The Bible is silent on ET life, and I don't claim in The Facade that it offers any evidence for ET life. That said, it does not rule out the idea. There is nothing in Scripture that forbids an intelligent extraterrestrial, as the Bible is a human-centered text, since humans are God's imagers on this planet we call Earth. That focus often raises a big "what if" -- namely, if there are ETs out there, would their existence mean Jesus had to incarnate on their planet and die for them? I think such questions are misguided, since the Bible is clear that the work of Christ was for human sin; humans are the explicit focus. According to Colossians 1, the effect of the atonement is universal in that it accomplishes redemption for all creation in some way. ET may therefore be peripheral to the work of Christ (like the animal kingdom, or intelligent non-human spiritual beings like angels) in terms of its focus. ETs might benefit from the atonement in the sense that the created order will be transformed into its intended ideal, but we just aren't told, since that whole issue is way out of the scope of the Bible. For some reason, many Christians assume that ET can't exist since the Bible doesn't mention them. That's a flawed way of thinking, as the Bible doesn't mention several of the known planets, electricity, microwaves, blood cells, etc. The Bible never presents itself as the repository of all things that exist and are real. Some Christians have managed to make the Bible what it isn't in that regard.

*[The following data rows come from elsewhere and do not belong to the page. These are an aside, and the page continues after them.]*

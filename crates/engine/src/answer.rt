// What calls answer.
use super::{Refusal, Span};
use processor::{Ran, Report};
use records::Registers;
use store::CellAddress;
use words::Word;

// The state of a worker: ready to run, or held, with the report of the interrupt.
#[derive(Clone, Copy, Debug, PartialEq, Eq)]
pub enum State {
    Ready,
    Held(Report),
}

#[derive(Clone, Copy, Debug, PartialEq, Eq)]
pub struct Told {
    pub state: State,
    pub registers: Registers,
}

// The answer to each call. That to a save has the whole buffer as it is after, taken or refused.
#[derive(Clone, Debug, PartialEq, Eq, Drop)]
pub enum Answer<B> {
    Admitted(Result<(), Refusal>),
    Loaded(Result<(), Refusal>),
    Looked(Result<Word, Refusal>),
    Ran(Result<Ran, Refusal>),
    Answered(Result<(), Refusal>),
    Saved(Result<(), Refusal>, B),
    Restored(Result<(), Refusal>),
    Told(Result<Told, Refusal>),
    Retired(Result<(), Refusal>),
    Spanned(Result<Span, Refusal>),
    FixedAddress(Result<CellAddress, Refusal>),
}
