// Load and look: refusals 8, 9 and 19.
use super::bench::{scene, unchanged};
use engine::Refusal;
use processor::RelativeAddress;
use std::test::Fail;
use store::Half::{Lower, Upper};

// It is not taken by its lower bits. A spoiled cell is not told of.
#[test]
fn a_spoiled_half_is_told(rt: HostRuntime) -> Result<(), Fail> {
    let scene = scene(&rt)?;
    assert_eq!(rt;
        scene.look(6, RelativeAddress(1)),
        Err(Refusal::Spoiled(Upper))
    );
    assert_eq!(rt;
        scene.look(6, RelativeAddress(2)),
        Err(Refusal::Spoiled(Lower))
    );
    assert_eq!(rt;
        scene.look(6, RelativeAddress(3)),
        Err(Refusal::Spoiled(Upper))
    );
    unchanged(&rt, scene)
}

// Loads at two workers' own addresses reach two cells.
// The highest address of a store's last cell.
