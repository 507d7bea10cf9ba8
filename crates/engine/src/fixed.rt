// The fixed addresses to which interrupts go.
ghost use Rattle.std.specs.Prelude.{◌≡◌};
ghost use Rattle.engine.specs.FixedAddress.{cause_numbered, fixed, fixed_address};
ghost use Rattle.engine.specs.Laws.{CausesAreNumbered};

use super::Refusal;
use processor::Cause;
use store::{CellAddress, MOST_CELLS};

fn cause_numbered(number: u32) -> Result<Cause, Refusal>
    ensures { result ≡ cause_numbered number }
{
    match number {
        1 => Ok(Cause::IllegalInstruction),
        2 => Ok(Cause::Protection),
        3 => Ok(Cause::Parity),
        4 => Ok(Cause::ExecutiveReturn),
        5 => Ok(Cause::TestAndSet),
        _ => Err(Refusal::NoFixedAddress),
    }
}

// That of a cause; parity has one for each of four parts of 32,768 cells.
fn of_cause(cause: Cause, cell: u32) -> u32
    ensures { result ≡ fixed cause cell }
{
    match cause {
        Cause::IllegalInstruction => 0o0,
        Cause::Protection => 0o1,
        Cause::Parity => match cell / 32_768 {
            0 => 0o3,
            1 => 0o4,
            2 => 0o23,
            _ => 0o27,
        },
        Cause::ExecutiveReturn => 0o7,
        Cause::TestAndSet => 0o30,
    }
}

// Where the cause with a number goes, for a cell of a store. It concerns no installation.
#[tactic(auto, using(crate::proofs::Numbered::causes_are_numbered), unfolding(crate::specs::FixedAddress::fixed_address))]
pub fn fixed_address(cause: u32, address: CellAddress) -> Result<CellAddress, Refusal>
    ensures value { result ≡ fixed_address cause address.0 }
    ensures numbered { CausesAreNumbered }
{
    let cause = cause_numbered(cause)?;
    if address.0 >= MOST_CELLS {
        return Err(Refusal::NoFixedAddress);
    }
    Ok(CellAddress(of_cause(cause, address.0)))
}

The Facade explores the biblical foundations for extraterrestrial life. Did this idea come from a curiosity about aliens or inconsistencies you found in your biblical studies?

I wouldn't exactly say my goal was to lay out the biblical foundations for ET life -- it was only to demonstrate that the Bible could accommodate such a reality. As a Christian who has had a longstanding interest in the subject, I was surprised to find that the history of Christian thinking on this subject (through the centuries referred to as the question of "other worlds") has been overwhelmingly positive in its perspective. It's only been the relatively recent linking of Darwinism to the subject of the possibility of ET life that has turned the believing Church against the idea.

What was the most surprising thing you discovered during your research?

How much de-classified government documentation exists regarding the UFO problem. Now, years after the initial release of The Facade, that documentation has increased, as the governments of France, Brazil, and the UK have released their UFO documents. Despite U.S. refusal to go that far, the documents from the U.S. government that have been de-classified is still surprisingly rich.

After writing The Façade, did you find yourself believing in extraterrestrial life?

My views on the subject didn't change. I have no theological problem with a potential ET reality, but to date I don't see any hard evidence for extraterrestrial life. That may come, naturally, and if it does I won't be disturbed by it at all. Many Christians would be, however, which is part of the reason I wrote The Facade. Supporters of the ET life idea really have only statistical probabilities to offer, but that approach -- namely the famous Drake Equation -- is pretty flimsy, since every element of that equation is contrived.

You are currently working on the sequel, The Portent. What can your readers expect in this book? What will surprise them?

I have to be cryptic here. There are several twists coming relating to several characters from The Facade who appear in the sequel. I'm confident none of them will be expected.